Meślę, że w następnym tygodniu zrobimy jeszcze większe zakupy a resztę zamówię na allegroszu bo coraz gorzej mi się chodzi.
Listonoszka nauczyła się przychodzić później a kurier to dzwoni do mnie i się umawia. Tyle razy u mnie był, że już wszystko wie i nawet bramę sam sobie otwiera :)
Znowu męczą mnie bóle pleców.wr....
2013-02-27 18:21
Gwiazdeczka są takie specjalne farby do pokoji dziecięcych chyba z Duluxa lub z Dekoralu. Myślę, że w sklepie z farbami będą wiedzieli co ci doradzić.
2013-02-27 18:24
A mój mały wcale nie jest już mały-waży 2600g! Za dobrze go karmię chyba ;)Termin z pomiarów na USG wychodzi na 26 marca, na szczęście za specjalnie leżeć nie muszę, bo wszystko jest ok :) Podobno brzuch w pierwszej ciąży to może się obniżać nawet przez miesiąc.
A co do chodzenia na zakupy - dzisiaj sobie pochodziłam po sklepach wracając od lekarza i skutek jest taki, że coś mi przeskoczyło w biodrze i strasznie utykam. Mam nadzieję, że do jutra mi minie - a z drugiej strony cieszę się, że już wszystko co potrzebne do szpitala mam kupione.

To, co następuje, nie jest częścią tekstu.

//! Why a call is refused, told without a cycle.
ghost use Rattle.std.specs.Prelude.{◌≡◌, ◌⊎◌, IfSome, Some};
ghost use Rattle.vga_bits.specs.declared.refusal.Refusal.TheVariants.{BadMode, BadHeight, NoMode};
ghost use Rattle.bios_modes.specs.Heights.{mode_row_at_height as mode_row_at_height_of};
ghost use Rattle.bios_modes.specs.Modes.{mode_row as mode_row_of};
ghost use Rattle.bios_modes.specs.Valid.{IsValid};
ghost use Rattle.bios_services.specs.declared.call.Call.TheVariants.{ReadTable, LoadGlyphs, InMode};
ghost use Rattle.bios_services.specs.Calls.{call_of};
ghost use Rattle.bios_services.specs.GlyphLoads.{load_refusal};
ghost use Rattle.bios_services.specs.Reasons.{◌or◌};
ghost use Rattle.bios_services.specs.CallReasons.{call_refusal, refusal_of, refusal_of_reason};
ghost use Rattle.bios_services.specs.CallReasons.{unless_row, ExplainsCall};
ghost use Rattle.bios_services.specs.CallReasons.{ExplainsLoadBesidesHeight, IsNoHeight};
ghost use Rattle.bios_services.specs.CallReasons.{IsNoModeSet, IsNoSuchMode};

use crate::call::{Call, Service, decode};
use crate::call_reason::CallReason;
use crate::glyph_load::GlyphLoad;
use crate::refusals::{reason_of_unknown_call, refusal_in_mode};
use crate::regs::{Regs, high};
use crate::tables::{TableService, table_refusal};
use bios_modes::{Bda, mode_row, mode_row_at_height};

/// Why a mode can't be set, if it can't.
fn why_no_mode(mode: u8) -> Option<CallReason>
    ensures refusal { refusal_of_reason result ≡ unless_row BadMode (mode_row_of mode) }
    ensures reason { IfSome result (IsNoSuchMode mode) }
{
    match mode_row(mode) {
        Some(_) => None,
        None => Some(CallReason::NoSuchMode { mode }),
    }
}

/// That no mode is set, as a call is told that needs one.
fn no_mode_set(regs: Regs) -> CallReason
    ensures refusal { refusal_of result ≡ NoMode }
    ensures reason { IsNoModeSet regs result }
{
    CallReason::NoModeSet {
        function: high(regs.ax),
    }
}

/// Why a table is not answered, if it is not.
fn why_no_table(bda: &Bda, regs: Regs, service: TableService, len: usize) -> Option<CallReason>
    ensures refusal { refusal_of_reason result
        ≡ call_refusal (Some (ReadTable service)) bda.now len }
    ensures reason { IfSome result (ExplainsCall (Some (ReadTable service)) bda.now regs len) }
{
    if bda.mode() == 0 {
        return Some(no_mode_set(regs));
    }
    match table_refusal(service) {
        Ok(()) => None,
        Err(reason) => Some(reason),
    }
}

/// Why glyphs are not loaded in a mode, if they are not.
fn why_no_load_in_mode(mode: u8, load: GlyphLoad, len: usize) -> Option<CallReason>
    ensures refusal { refusal_of_reason result ≡ (load_refusal load mode len
        or unless_row BadHeight (mode_row_at_height_of mode load.height)) }
    ensures reason { IfSome result (λ reason. ExplainsLoadBesidesHeight load mode len reason
        ⊎ IsNoHeight load mode reason) }
{
    if let Err(reason) = load.refusal(mode, len) {
        return Some(reason);
    }
    let height = load.height;
    match mode_row_at_height(mode, height as u16) {
        Some(_) => None,
        None => Some(CallReason::NoHeight { height, mode }),
    }
}

/// Why glyphs are not loaded, if they are not.
fn why_no_load(bda: &Bda, regs: Regs, load: GlyphLoad, len: usize) -> Option<CallReason>
    ensures refusal { refusal_of_reason result
        ≡ call_refusal (Some (LoadGlyphs load)) bda.now len }
    ensures reason { IfSome result (ExplainsCall (Some (LoadGlyphs load)) bda.now regs len) }
{
    if bda.mode() == 0 {
        return Some(no_mode_set(regs));
    }
    why_no_load_in_mode(bda.mode(), load, len)
}

/// Why a service is not done, if it is not.
#[tactic(auto, using(crate::proofs::BoundLemmas::set_of_valid))]
fn why_no_service(bda: &Bda, regs: Regs, service: Service, len: usize) -> Option<CallReason>
    requires { IsValid bda.now }
    ensures refusal { refusal_of_reason result
        ≡ call_refusal (Some (InMode service)) bda.now len }
    ensures reason { IfSome result (ExplainsCall (Some (InMode service)) bda.now regs len) }
{
    if bda.mode() == 0 {
        return Some(no_mode_set(regs));
    }
    match refusal_in_mode(service.service_with_page_or_0_if_only_one(bda), bda, len) {
        Ok(()) => None,
        Err(reason) => Some(reason),
    }
}

/// Why the call that the registers ask for would be refused with a block of `len` bytes; `None` if
/// it would be done. Nothing is called. The BIOS data must be valid.
///
/// From the IBM PS/2 and PC BIOS Interface Technical Reference, "Interrupt 10H - Video".
pub fn why_call(bda: &Bda, regs: Regs, len: usize) -> Option<CallReason>
    requires { IsValid bda.now }
    ensures refusal { refusal_of_reason result ≡ call_refusal (call_of regs) bda.now len }
    ensures reason { IfSome result (ExplainsCall (call_of regs) bda.now regs len) }
{
    match decode(regs) {
        None => Some(reason_of_unknown_call(bda, regs)),
        Some(Call::SetMode { mode, .. }) => why_no_mode(mode),
        Some(Call::ReadTable(service)) => why_no_table(bda, regs, service, len),
        Some(Call::LoadGlyphs(load)) => why_no_load(bda, regs, load, len),
        Some(Call::InMode(service)) => why_no_service(bda, regs, service, len),
    }
}
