//! A cell of a page of pixels.
ghost use Rattle.std.specs.Prelude.{◌≡◌, ◌<◌, ◌≤◌, ◌*◌, ◌^◌};
ghost use Rattle.bios_services.specs.Bounds.{IsModeSet, page_count, bound_of_cells_reached_by_calls};
ghost use Rattle.bios_services.specs.Bands.{IsBand, byte_address_in_band};
ghost use Rattle.bios_services.specs.Drawing.{cell_band, cell_row};

use crate::band::ColumnBand;
use bios_modes::Bda;

/// A cell of a page of pixels.
#[derive(Clone, Copy)]
pub struct GraphicsCell {
    /// Its column, as a band of the page.
    pub band: ColumnBand,
    /// The row of characters in which it lies.
    pub row: u32,
}

impl GraphicsCell {
    /// Cell q of a page.
    pub(crate) fn of_columns(bda: &Bda, page: u8, q: u32) -> GraphicsCell
        requires data { IsModeSet bda.now }
        requires page { page < page_count bda.now }
        requires cell { q < bound_of_cells_reached_by_calls }
        ensures column { result.band ≡ cell_band bda.now page q }
        ensures band { IsBand result.band }
        ensures place { result.row ≡ cell_row bda.now q }
        ensures row { result.row < bound_of_cells_reached_by_calls }
    {
        let columns = bda.columns() as u32;
        GraphicsCell {
            band: ColumnBand::of_columns(bda, page, q % columns, 1),
            row: q / columns,
        }
    }

    /// The address of a byte of one of its lines.
    pub(crate) fn address(self, line: u32, byte: u32) -> u32
        requires band { IsBand self.band }
        requires row { self.row < bound_of_cells_reached_by_calls }
        requires line { line ≤ 16 }
        requires byte { byte ≤ 8 * 80 }
        ensures value { result ≡ byte_address_in_band self.band self.row line byte }
        ensures small { result < 2 ^ 31 }
    {
        self.band.address(self.row, line, byte)
    }
}
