//! How rows of characters go up or down.

use crate::direction::Direction;

/// How rows of characters move: up or down, by how many rows, and the attribute or colour of the
/// rows that they leave.
#[derive(Clone, Copy)]
pub struct RowShift {
    pub direction: Direction,
    pub rows: u32,
    /// The attribute in text, the colour in graphics.
    pub colour: u8,
}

Ufff :)
2013-02-27 19:03
no to ladnie wazy:))
2013-02-27 20:12
No i po wizycie... wcale nie jest tak super jak sobie planowałam :/
Myślałam, że cc mi ustawi mój lekarz, bo też tak mówił na ostatniej wizycie. A dziś mówi,
że poda mi nr do ordynatora szpitala i się z nim umówię na ostatnią wizytę za dwa tygodnie, on mnie przebada itd. i ustalimy cc. Jaka jestem załamana i przybita :( Myślałam, że mój lekarz poprowadzi mnie do końca, a tu taka niesodzianka nie za fajna :( Podobno mój lekarz już w tym szpitalu za często nie urzęduje i dlatego to tak wygląda :/
Swoją drogą, ordynatora nie wspominam za mile z pierwszego porodu (ogólnie pobytu w szpitalu) :/ Jestem tak zrażona do niego, że szok. U mojego lekarza to już ostatnia wizyta dziś była, jedynie w razie jakiegoś niepokoju czy coś mam dzwonić lub się zgłosić.
Do tego mała ustawiła się poprzecznie, ale to nie ma większego znaczenia bo i tak mam mieć cc.
Agabe dobrze, że u Was wszystko dobrze :) !!
2013-02-27 20:18
Asiek21 : hehe jak czytam twoje wypowiedzi odnośnie końca kupowania to mi się śmiać chce, bo widzę siebie... też zawsze powtarzałam sobie że koniec koniec, a potem i tak nie mogłam się powstrzymać ;p a domku już nie było gdzie upchać... Chyba wiem dlaczego tak się stało, że teraz leżeć muszę... mąż mówi: jaka to ulga, bo już naprawdę w szafach miejsca nie ma ;p
Agatka89 : nie martw się kochana, bądź silna, my kobiety musimy być silne, nawet jeśli czasem pod górkę ;) przejdziesz ordynatorka i wszystkie przeciwności i zaraz maleństwo będzie z tobą. Rozumiem, że boisz się i jesteś zdenerwowana, bo chciałabyś mieć już jakiś pewnik, jakiś plan, ale niestety w życiu najczęściej jest spoontan. na pewno wszystko będzie dobrze. to już naprawdę niewiele ;) główka do góry :**
2013-02-27 20:21
A ja dziewczyny mam dziś bardzo dobry dzień!! choć sama nic nie mogę zrobić to mam życzliwych ludzi wokół i to dodaje mi skrzydeł... dziś cały dzień była u mnie moja kochana wyjątkowa teściowa ;))) posprzątała mi co tylko się dało, przejrzała wszystko dla maleństwa, wzięła 4 worki rzeczy do prania i naprawdę mam ulgę... mąż niestety nie ze wszystkim daje radę, choć się stara. ale cieszę się, że mam tu teściową, to wielka pomoc ;))) i już troszke bardziej czyściutko i kroczek do przodu z szykowaniem domku dla maleńkiej ;))
2013-02-27 20:59
Agata a ten Twój lekarz w żadnym szpitalu nie pracuje?
2013-02-27 21:02
szoszanka, mam taką nadzieje. tak mnie ta wizyta dobiła że szok. ale tak jak piszesz my kobiety musimy byc silne! Jakos dam rade,musze! ale zawiodlam sie cholernie :(
o niczym innym nie marze jak juz urodzic, wrocic z małą do domku, do mojego synka i zapomnieć o tych stresach.